# Who knows " NANOQ " , formerly named " GROENLAND ", german built stern trawler



## Pierre

*Who knows " NANOQ " , formerly named " GROENLAND ", german built stern trawler*

Hello,

I try to find photographs of the " NANOQ " 72 meters long ex shrimp stern trawler of Greenland, formerly called " GROENLAND " when she was built by german shipyard for a german fishing company in the 50's or 60's.

Thanks


Pierre


----------



## nicolina

Nanok was built by A/G Weser in 1960 as Grønland for Ludvig Jansen
of Bremerhaven.
Sold to Boulogne owners and re-named Le Wimereux
Sold to Greenland and re-named Nanok
Sold locally and renamed Frode Sørensen
Sold to Turkey late 80thies


----------



## hyde

*Nanoq Trawl*

She was broken up in 1999 as Polar Trawl. 

http://www.miramarshipindex.org.nz/ship/list?search_op=OR&IDNo=5136529

I was onboard her in 1984.


----------



## Svend Albrechtsen

nicolina said:


> Nanok was built by A/G Weser in 1960 as Grønland for Ludvig Jansen
> of Bremerhaven.
> Sold to Boulogne owners and re-named Le Wimereux
> Sold to Greenland and re-named Nanok
> Sold locally and renamed Frode Sørensen
> Sold to Turkey late 80thies


Dear Nicolina
In 1972/1973 I served at the Island Command Faeroes as executive for rescue operations.
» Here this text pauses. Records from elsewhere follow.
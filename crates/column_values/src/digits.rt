//! Numbers in a fixed count of decimal digits, and the parts of a text between separators.

ghost use Rattle.std.specs.Prelude.{◌≡◌, ℕ, ◌^◌, ◌<◌, ◌≤◌, List, ◌∷◌, ◌++◌, length, IfSome, IfNone, OnOk};
ghost use Rattle.std.specs.Char.{is_ascii_digit};
ghost use Rattle.std.specs.List.{list_all};
ghost use Rattle.column_values.specs.Digits.{in_digits, three_in_digits};

use dep_model::OutOfMemory;

// The most digits of a number that is read.
pub const MOST_DIGITS: usize = 15;

// The number that these digits write.
pub fn number_of(digits: &[u8]) -> Option<u64>
    requires few { length digits.now ≤ MOST_DIGITS }
    ensures fits { IfSome result (λ number. number < 10 ^ length digits.now) }
    ensures text { IfSome result (λ number. digits.now ≡ in_digits (length digits.now) number) }
    ensures none { IfNone result
        ((number : ℕ) → digits.now ≡ in_digits (length digits.now) number → ⊥) }
{
    let mut number = 0;
    for b in digits {
        if !b.is_ascii_digit() {
            return None;
        }
        number = number * 10 + (*b - b'0') as u64;
    }
    Some(number)
}

// The number in so many digits before a separator, and what follows the separator.
pub fn number_before(bytes: &[u8], count: usize, separator: u8) -> Option<(u64, &[u8])>
    requires few { count ≤ MOST_DIGITS }
    ensures fits { IfSome result (λ found. found.0 < 10 ^ count) }
    ensures text { IfSome result
        (λ found. bytes.now ≡ in_digits count found.0 ++ separator ∷ found.1.now) }
    ensures none { IfNone result
        ((number : ℕ) (rest : List ℕ) → bytes.now ≡ in_digits count number ++ separator ∷ rest → ⊥) }
{
    let Some((digits, rest)) = cut(bytes, count, separator) else {
        return None;
    };
    match number_of(digits) {
        Some(number) => Some((number, rest)),
        None => None,
    }
}

// Three numbers in so many digits, in two and in two, with a separator between.
pub fn three_numbers(bytes: &[u8], count: usize, separator: u8) -> Option<(u64, u64, u64)>
    requires few { count ≤ MOST_DIGITS }
    ensures first { IfSome result (λ numbers. numbers.0 < 10 ^ count) }
    ensures second { IfSome result (λ numbers. numbers.1 < 100) }
    ensures third { IfSome result (λ numbers. numbers.2 < 100) }
    ensures text { IfSome result
        (λ numbers. bytes.now ≡ three_in_digits separator count numbers.0 numbers.1 numbers.2) }
    ensures none { IfNone result
        ((x y z : ℕ) → bytes.now ≡ three_in_digits separator count x y z → ⊥) }
{
    let Some((first, rest)) = number_before(bytes, count, separator) else {
        return None;
    };
    let Some((second, digits)) = number_before(rest, 2, separator) else {
        return None;
    };
    if digits.len() != 2 {
        return None;
    }
    match number_of(digits) {
        Some(third) => Some((first, second, third)),
        None => None,
    }
}

// Whether all bytes are digits.
pub fn are_digits(bytes: &[u8]) -> bool
    ensures digits { result ≡ list_all is_ascii_digit bytes.now }
{
    bytes.iter().all(|b| b.is_ascii_digit())
}

// The first so many bytes and what follows the separator that stands after them.
pub fn cut(bytes: &[u8], count: usize, separator: u8) -> Option<(&[u8], &[u8])>
    ensures parts { IfSome result
        (λ parts. bytes.now ≡ parts.0.now ++ separator ∷ parts.1.now) }
    ensures counted { IfSome result (λ parts. length parts.0.now ≡ count) }
    ensures none { IfNone result
        ((front rest : List ℕ) → length front ≡ count → bytes.now ≡ front ++ separator ∷ rest → ⊥) }
{
    if count >= bytes.len() || bytes[count] != separator {
        return None;
    }
    Some((&bytes[..count], &bytes[count + 1..]))
}

// What follows this byte, where it is the first.
pub fn after_byte(bytes: &[u8], byte: u8) -> Option<&[u8]>
    ensures rest { IfSome result (λ rest. bytes.now ≡ byte ∷ rest.now) }
    ensures none { IfNone result ((rest : List ℕ) → bytes.now ≡ byte ∷ rest → ⊥) }
{
    if bytes.is_empty() || bytes[0] != byte {
        return None;
    }
    Some(&bytes[1..])
}

// Adds the last so many digits of a number at the end.
pub fn add_in_digits(bytes: &mut Vec<u8>, count: u8, number: u32) -> Result<(), OutOfMemory>
    ensures added { OnOk result (bytes.new.items ≡ bytes.old.items ++ in_digits count number) }
{
    if count == 0 {
        return Ok(());
    }
    add_in_digits(bytes, count - 1, number / 10)?;
    bytes.push(b'0' + (number % 10) as u8)?;
    Ok(())
}
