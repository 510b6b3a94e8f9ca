//! The laws of the values of columns. Each is a function that does nothing, whose clause is the law; so
//! the gate asks for its proof.

ghost use Rattle.std.specs.Prelude.{◌≡◌, ℕ, ◌^◌, ◌<◌, IsTrue};
ghost use Rattle.schema_model.specs.declared.column_type.ColumnType.{ColumnType};
ghost use Rattle.schema_model.specs.Columns.{is_column_type};
ghost use Rattle.column_values.specs.declared.making.TheConstants.{MADE_UP_VALUES};
ghost use Rattle.column_values.specs.Calendar.{IsDay, date_text};
ghost use Rattle.column_values.specs.Decimals.{decimal_text};
ghost use Rattle.column_values.specs.Values.{IsValueOf};
ghost use Rattle.column_values.specs.MadeUp.{made_up};

/// The value of a type that stands for a number below `MADE_UP_VALUES` is a value of the type, and
/// those that stand for different numbers are different.
pub fn made_up_values_differ()
    ensures values { (column : ColumnType) (number : ℕ) → IsTrue (is_column_type column)
        → number < MADE_UP_VALUES → IsValueOf column (made_up column number) }
    ensures different { (column : ColumnType) (m n : ℕ) → m < MADE_UP_VALUES → n < MADE_UP_VALUES
        → made_up column m ≡ made_up column n → m ≡ n }
{}

/// A text has one day, and one decimal number of a scale: different ones have different texts. That
/// each has one text is said by `date_text` and `decimal_text`.
pub fn texts_have_one_value()
    ensures day { (year month day other_year other_month other_day : ℕ)
        → IsDay year month day → IsDay other_year other_month other_day
        → date_text year month day ≡ date_text other_year other_month other_day
        → (year ≡ other_year) × (month ≡ other_month) × (day ≡ other_day) }
    ensures decimal { (scale whole fraction other_whole other_fraction : ℕ)
        → whole < 10 ^ 15 → other_whole < 10 ^ 15 → fraction < 10 ^ scale → other_fraction < 10 ^ scale
        → decimal_text scale whole fraction ≡ decimal_text scale other_whole other_fraction
        → (whole ≡ other_whole) × (fraction ≡ other_fraction) }
{}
In spring 1973 a french trawler named "Le Wimereux" was on fire 60 nm east of the islands. We managed to stop the fire and get the ship into the port of Thorshavn to finish up the firefighting and search for three sailors lost during the accident.

I am wondering if it is the same ship You refer to in Your catalogue. If it is so, I am looking for some information of the incident

Yours sencerely
Svend Albrechtsen
capt. RDN (retd)


----------